We have seen that the criticising instance entertains closer relations with consciousness than the criticised. The former stands between the latter and consciousness like a screen. We have, moreover, found essential reasons for identifying the criticising instance with that which directs our waking life and determines our voluntary conscious actions. If we now replace these instances in the development of our theory by systems, the criticising system is then to be ascribed to the motor end because of the fact just mentioned. We now enter both systems in our scheme, and express by the names given them their relation to consciousness.

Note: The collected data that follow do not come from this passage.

// The calls of a script, made and shown.
use crate::script::{Before, Call};
use crate::{answers, script};
use text::{ROOM, show};
use trunk::{Far, Near, far_end, near_end};

// Both ends, the store that is lent to the near end, and what stands before the next line.
#[derive(Drop)]
pub struct State {
    pub near: Near,
    pub far: Far,
    pub before: Before,
    store: [u8; ROOM],
    // So many of the store's bytes are lent: a script may ask for any length up to ROOM. No `ArrayVec`: the bytes behind stay when fewer are lent.
    // Each call cuts its buffers anew: no type keeps that a length read is at most ROOM (`text::words`, `room`).
    lent: usize,
}

impl State {
    // The state before any line: fresh ends, the far station of level 0, net 0, one exchange and the usual limit.
    pub fn new() -> State {
        State {
            near: near_end::new(),
            far: far_end::new(0, 0, 1).far,
            before: Before::Nothing,
            store: [0u8; ROOM],
            lent: near_end::STORE_SIZE,
        }
    }

    fn make_station(
        &mut self,
        rt: &HostRuntime,
        level: u8,
        net: u8,
        exchanges: u8,
        limit: Option<u16>,
    ) {
        let made = match limit {
            None => far_end::new(level, net, exchanges),
            Some(limit) => far_end::with_limit(level, net, exchanges, limit),
        };
        show::line(
            rt,
            format_args!("station {}", station::made_number(made.answer)),
        );
        self.far = made.far;
    }

    fn make_store(&mut self, rt: &HostRuntime, size: usize) {
        show::line(rt, format_args!("store {size}"));
        self.lent = size;
    }

    // Nobody writes past the store's end.
    fn poke(&mut self, rt: &HostRuntime, offset: usize, bytes: &[u8]) -> Option<()> {
        let lent = &mut self.store[..self.lent.min(ROOM)];
        let place = lent.get_mut(offset..)?.get_mut(..bytes.len())?;
        place.copy_from_slice(bytes);
        show::line(rt, format_args!("poke {offset}"));
        Some(())
    }

    fn offer(&mut self, rt: &HostRuntime, datagram: &[u8]) {
        let offered = near_end::offer(self.near, &mut self.store[..self.lent.min(ROOM)], datagram);
        self.near = offered.near;
        answers::offered(rt, offered.answer);
    }

    fn send(&mut self, rt: &HostRuntime, number: u32, room: usize) {
        let mut out = [0u8; ROOM];
        let lent = &self.store[..self.lent.min(ROOM)];
        let sending = near_end::send(self.near, lent, number, &mut out[..room.min(ROOM)]);
        self.near = sending.near;
        answers::sent(rt, sending.answer, &out);
    }

    fn to_near(&mut self, rt: &HostRuntime, received: &[u8]) {
        let replied = near_end::take_reply(self.near, received);
        self.near = replied.near;
        answers::replied(rt, replied.answer);
    }

    fn to_far(&mut self, rt: &HostRuntime, received: &[u8], room: usize, reply_room: usize) {
        let mut out = [0u8; ROOM];
        let mut reply = [0u8; ROOM];
        let arrived = far_end::arrive(
            self.far,
            received,
            &mut reply[..reply_room.min(ROOM)],
            &mut out[..room.min(ROOM)],
        );
        self.far = arrived.far;
        answers::arrived(rt, arrived.answer, &out, &reply);
    }

    fn clock(&mut self, rt: &HostRuntime, t: u64) {
        let ticked = far_end::tick(self.far, t);
        self.far = ticked.far;
        show::line(rt, format_args!("clock {}", ticked.answer.number()));
    }

    // Makes a call. None where it would write past the store's end.
    fn make(&mut self, rt: &HostRuntime, call: Call) -> Option<()> {
        match call {
            Call::Station {
                level,
                net,
                exchanges,
                limit,
            } => self.make_station(rt, level, net, exchanges, limit),
            Call::Store(size) => self.make_store(rt, size),
            Call::Poke { offset, bytes } => self.poke(rt, offset, bytes)?,
            Call::Offer(datagram) => self.offer(rt, datagram),
            Call::Send { number, room } => self.send(rt, number, room),
            Call::Near(received) => self.to_near(rt, received),
            Call::Far {
                received,
                room,
                reply_room,
            } => self.to_far(rt, received, room, reply_room),
            Call::Clock(t) => self.clock(rt, t),
        }
        Some(())
    }

    // Runs one line. One that cannot be read, or whose call may not stand here, changes nothing. Buffers are lent as zeros.
    pub fn run(&mut self, rt: &HostRuntime, line: &[u8]) -> Option<()> {
        let mut given = [0u8; ROOM];
        let call = script::read(line, &mut given)?;
        if !script::in_place(call, self.before) {
            return None;
        }
        self.make(rt, call)?;
        self.before = script::behind(call);
        Some(())
    }
}
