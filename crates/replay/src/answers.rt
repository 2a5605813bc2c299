// What a call answered, as a line.
use text::hex::Hex;
use text::{ROOM, show};
use trunk::{Arrival, Refusal, records};

// The first bytes of a buffer, to be printed.
fn hex(buf: &[u8; ROOM], n: usize) -> Hex<'_> {
    Hex(&buf[..n.min(ROOM)])
}

// `offer NUMBER`, the first one taken
pub fn offered(rt: &HostRuntime, answer: Result<u32, Refusal>) {
    match answer {
        Err(refusal) => show::refused(rt, "offer", refusal.number()),
        Ok(number) => show::line(rt, format_args!("offer {number}")),
    }
}

// `send SIZE HEX`
pub fn sent(rt: &HostRuntime, answer: Result<usize, Refusal>, out: &[u8; ROOM]) {
    match answer {
        Err(refusal) => show::refused(rt, "send", refusal.number()),
        Ok(n) => show::line(rt, format_args!("send {n} {}", hex(out, n))),
    }
}

// `near ACKNOWLEDGED`
pub fn replied(rt: &HostRuntime, answer: Result<u32, Refusal>) {
    match answer {
        Err(refusal) => show::refused(rt, "near", refusal.number()),
        Ok(count) => show::line(rt, format_args!("near {count}")),
    }
}

// `far delivered SIZE ANSWER HEX REPLYHEX`, `far repeat REPLYHEX` or `far early REPLYHEX`
pub fn arrived(
    rt: &HostRuntime,
    answer: Result<Arrival, Refusal>,
    out: &[u8; ROOM],
    reply: &[u8; ROOM],
) {
    let reply = hex(reply, records::HEAD_SIZE);
    match answer {
        Err(refusal) => show::refused(rt, "far", refusal.number()),
        Ok(Arrival::Delivered { size, answer }) => {
            let answer = answer.number();
            let pdu = hex(out, size);
            show::line(
                rt,
                format_args!("far delivered {size} {answer} {pdu} {reply}"),
            )
        }
        Ok(Arrival::Repeat) => show::line(rt, format_args!("far repeat {reply}")),
        Ok(Arrival::Early) => show::line(rt, format_args!("far early {reply}")),
    }
}
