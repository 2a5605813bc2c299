// How both ends stand, as the last lines say it.
use station::{State, Station, Unit};
use text::show;
use trunk::{Far, Near, far_end, near_end};

// A state's word.
fn word(state: State) -> &'static str {
    match state {
        State::Waiting => "waiting",
        State::Coarse => "coarse",
        State::Fine => "fine",
    }
}

// `state LEVEL NET ID STATE CLOCK`, `timing EXCHANGES COUNT` and `limit SECONDS`
fn show_station(rt: &HostRuntime, s: Station) {
    let state = word(station::state_of(s));
    show::line(
        rt,
        format_args!(
            "state {} {} {} {state} {}",
            station::level_of(s),
            station::net_of(s),
            station::id_of(s),
            station::clock_of(s)
        ),
    );
    show::line(
        rt,
        format_args!(
            "timing {} {}",
            station::exchanges_of(s),
            station::count_of(s)
        ),
    );
    show::line(rt, format_args!("limit {}", station::limit_of(s)));
}

// `unit PLACE KEYHEX LEVEL SYNC ID IN LAST`
fn show_unit(rt: &HostRuntime, place: usize, u: Unit) {
    show::line(
        rt,
        format_args!(
            "unit {place} {:016x} {} {} {} {} {}",
            u.key,
            u.level,
            u.state,
            u.id,
            u8::from(u.inside),
            u.last
        ),
    );
}

// `counts ACCEPTED ACKNOWLEDGED DELIVERED`, the station's lines, and a line for each place that is held
pub fn show_ends(rt: &HostRuntime, near: Near, far: Far) {
    show::line(
        rt,
        format_args!(
            "counts {} {} {}",
            near_end::accepted(near),
            near_end::acknowledged(near),
            far_end::count(far)
        ),
    );
    let station = far_end::station(far);
    show_station(rt, station);
    for place in 0..station::PLACES {
        if let Some(unit) = station::at(station, place) {
            show_unit(rt, place, unit);
        }
    }
}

The last of the systems at the motor end we call the foreconscious in order to denote that exciting processes in this system can reach consciousness without any further detention provided certain other conditions be fulfilled, _e.g._, the attainment of a certain intensity, a certain distribution of that function which must be called attention, and the like. This is at the same time the system which possesses the keys to voluntary motility. The system behind it we call the unconscious because it has no access to consciousness except through the foreconscious, in the passage through which its excitement must submit to certain changes.
In which of these systems, now, do we localise the impulse to the dream formation? For the Sake of simplicity, let us say in the system Unc. To be sure we shall find in later discussions that this is not quite correct, that the dream formation is forced to connect with dream thoughts which belong to the system of the foreconscious. But we shall learn later, when we come to deal with the dream-wish, that the motive power for the dream is furnished by the Unc., and, owing to this latter movement, we shall assume the unconscious system as the starting-point of the dream formation. This dream impulse, like all other thought structures, will now strive to continue itself in the foreconscious, and thence to gain admission to consciousness.